━━━━━ Supplied records ━━━━━
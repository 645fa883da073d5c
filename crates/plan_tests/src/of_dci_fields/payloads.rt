//! Payloads that are known, and their values read again.
ghost use Rattle.std.specs.Prelude.{◌<◌, ◌≤◌};

use super::list_of;
use bits_core::Payload;
use dci_fields::{FieldList, FieldName, FieldValue, Format, Given, Widths, pack, unpack, width_of};
use std::alloc::Global;
use std::process::Abort;
use std::test::Fail;
use test_drafts::cells::{Draft, FOUR, WIDEST};

/// How the value of a field follows from its place in the list and its width.
#[derive(Clone, Copy)]
enum Rule {
    /// All ones, but for the frequency assignment of format 1_0, which ends with a zero.
    Limit,
    /// The most significant bit alone.
    Top,
    /// `37 k + 11` at place k, as far as it fits.
    Mixed,
}

/// The value of a field of `width` bits at place `place`.
fn value_of(rule: Rule, format: Format, name: FieldName, place: usize, width: u32) -> u64
    requires place { place < 32 }
    requires width { width ≤ 32 }
{
    let end: u64 = 1 << width;
    match rule {
        Rule::Limit if format == Format::F10 && name == FieldName::Fdra => end.saturating_sub(2),
        Rule::Limit => end - 1,
        Rule::Top => end / 2,
        Rule::Mixed => (37 * place as u64 + 11) % end,
    }
}

/// Whether a payload has `size` bits that spell a number, most significant bit first.
pub fn spells(payload: &Payload, size: usize, bits: u128) -> bool {
    let mut number: u128 = 0;
    for at in 0..payload.len().min(128) {
        number = number << 1 | u128::from(payload.get(at));
    }
    payload.len() == size && number == bits
}

/// A cell, a format, which widths count, the rule of the values, the size of the payload, and the number that its bits spell.
type PayloadCase = (&'static Draft, Format, Widths, Rule, usize, u128);

const PAYLOADS: [PayloadCase; 19] = [
    (
        &FOUR,
        Format::F00,
        Widths::Common,
        Rule::Limit,
        39,
        0b011_1111_1111_1111_1111_1111_1111_1111_0000_0000,
    ),
    (
        &FOUR,
        Format::F00,
        Widths::Common,
        Rule::Top,
        39,
        0b010_0000_0000_0100_0110_0001_1010_0010_0000_0000,
    ),
    (
        &FOUR,
        Format::F00,
        Widths::Common,
        Rule::Mixed,
        39,
        0b000_0001_1000_0010_1011_1110_0111_1011_0000_0000,
    ),
    (
        &FOUR,
        Format::F11,
        Widths::Own,
        Rule::Top,
        44,
        0b1100_0000_0000_1000_1000_0110_1000_1010_0100_1000_1010,
    ),
    (
        &FOUR,
        Format::F11,
        Widths::Own,
        Rule::Mixed,
        44,
        0b1000_0101_0101_1010_1001_1001_0001_1100_0101_1010_0010,
    ),
    (
        &FOUR,
        Format::F01,
        Widths::Own,
        Rule::Top,
        38,
        0b01_0000_0000_0010_0010_0001_1010_0011_0100_1011,
    ),
    (
        &FOUR,
        Format::F01,
        Widths::Own,
        Rule::Mixed,
        38,
        0b00_0001_0101_0110_1000_1001_1000_1101_0001_1010,
    ),
    (
        &WIDEST,
        Format::F10,
        Widths::Common,
        Rule::Limit,
        39,
        0b111_1111_1111_0111_1111_1111_1111_1111_1111_1111,
    ),
    (
        &WIDEST,
        Format::F10,
        Widths::Common,
        Rule::Top,
        39,
        0b110_0000_0000_0100_0110_0001_1010_0010_1010_0100,
    ),
    (
        &WIDEST,
        Format::F10,
        Widths::Common,
        Rule::Mixed,
        39,
        0b100_0001_1000_0010_1011_1110_0111_1011_0010_1010,
    ),
    (
        &WIDEST,
        Format::Order,
        Widths::Common,
        Rule::Limit,
        39,
        0b111_1111_1111_1111_1111_1111_1111_1111_1111_1111,
    ),
    (
        &WIDEST,
        Format::Order,
        Widths::Common,
        Rule::Top,
        39,
        0b111_1111_1111_1100_0001_1000_0010_0010_0000_0000,
    ),
    (
        &WIDEST,
        Format::Order,
        Widths::Common,
        Rule::Mixed,
        39,
        0b111_1111_1111_1010_1010_0111_1101_0000_1110_1001,
    ),
    (
        &WIDEST,
        Format::F01,
        Widths::Own,
        Rule::Limit,
        80,
        0b0111_1111_1111_1111_1111_1111_1111_1111_1111_1111_1111_1111_1111_1111_1111_1111_1111_1111_1100_0000,
    ),
    (
        &WIDEST,
        Format::F01,
        Widths::Own,
        Rule::Top,
        80,
        0b0101_0000_0000_0000_0000_0001_0001_1000_0110_1000_1010_1011_0000_1010_0000_1000_0000_1010_1100_0000,
    ),
    (
        &WIDEST,
        Format::F01,
        Widths::Own,
        Rule::Mixed,
        80,
        0b0000_0000_0000_0000_1010_1011_0101_0010_0110_0011_0001_1011_0001_1001_1011_1000_0000_0110_1000_0000,
    ),
    (
        &WIDEST,
        Format::F11,
        Widths::Own,
        Rule::Limit,
        84,
        0b1111_1111_1111_1111_1111_1111_1111_1111_1111_1111_1111_1111_1111_1111_1111_1111_1111_1111_1111_1111_1111,
    ),
    (
        &WIDEST,
        Format::F11,
        Widths::Own,
        Rule::Top,
        84,
        0b1101_0000_0000_0000_0000_0001_0001_1101_0100_0011_0100_0011_0100_0101_0100_1001_0000_0100_1010_0000_0011,
    ),
    (
        &WIDEST,
        Format::F11,
        Widths::Own,
        Rule::Mixed,
        84,
        0b1000_0000_0000_0000_1010_1011_0101_0011_0100_1100_1000_1010_0000_1101_1000_1010_0101_0111_0000_1110_0101,
    ),
];

/// The values that are asked for of each field that may be chosen.
fn given_by(
    alloc: Global,
    list: &FieldList,
    format: Format,
    rule: Rule,
) -> Result<Vec<Given>, Fail> {
    let mut given = Vec::new(alloc);
    for (place, row) in list.rows().iter().enumerate() {
        let fixed = row.name == FieldName::Identifier
            || row.name == FieldName::Fdra && format == Format::Order;
        if row.width > 0 && row.width <= 32 && place < 32 && !fixed {
            given.push(Given {
                name: Some(row.name),
                value: value_of(rule, format, row.name, place, row.width),
            })?;
        }
    }
    Ok(given)
}

/// Whether the values of a rule pack to the bits of a number, and are read from them again.
fn packs_to(rt: &impl Abort, alloc: Global, case: PayloadCase) -> Result<bool, Fail> {
    let (draft, format, widths, rule, size, bits) = case;
    let list = list_of(alloc, draft, format, widths)?;
    let given = given_by(alloc, &list, format, rule)?;
    let within = width_of(&list) <= size && size <= 128;
    assert!(rt; within);
    let Ok(payload) = pack(&list, format, given.as_slice(), size) else {
        return Ok(false);
    };
    let Some(values) = unpack(&list, format, &payload) else {
        return Ok(false);
    };
    Ok(spells(&payload, size, bits) && are_asked(values.entries(), given.as_slice()))
}

/// Whether the values are those that were asked for.
fn are_asked(values: &[FieldValue], given: &[Given]) -> bool {
    if values.len() != given.len() {
        return false;
    }
    for (value, asked) in values.iter().zip(given) {
        if asked.name != Some(value.name) || asked.value != u64::from(value.value) {
            return false;
        }
    }
    true
}

#[test]
fn payloads_have_the_known_bits(rt: HostRuntime) -> Result<(), Fail> {
    for case in PAYLOADS {
        assert!(rt; packs_to(&rt, rt.alloc(), case)?);
    }
    Ok(())
}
━━━━━
[Exercise brief]
Search the records for the string "Some", and copy every line that holds it.

[Reply to the exercise]
                name: Some(row.name),
    let Some(values) = unpack(&list, format, &payload) else {
        if asked.name != Some(value.name) || asked.value != u64::from(value.value) {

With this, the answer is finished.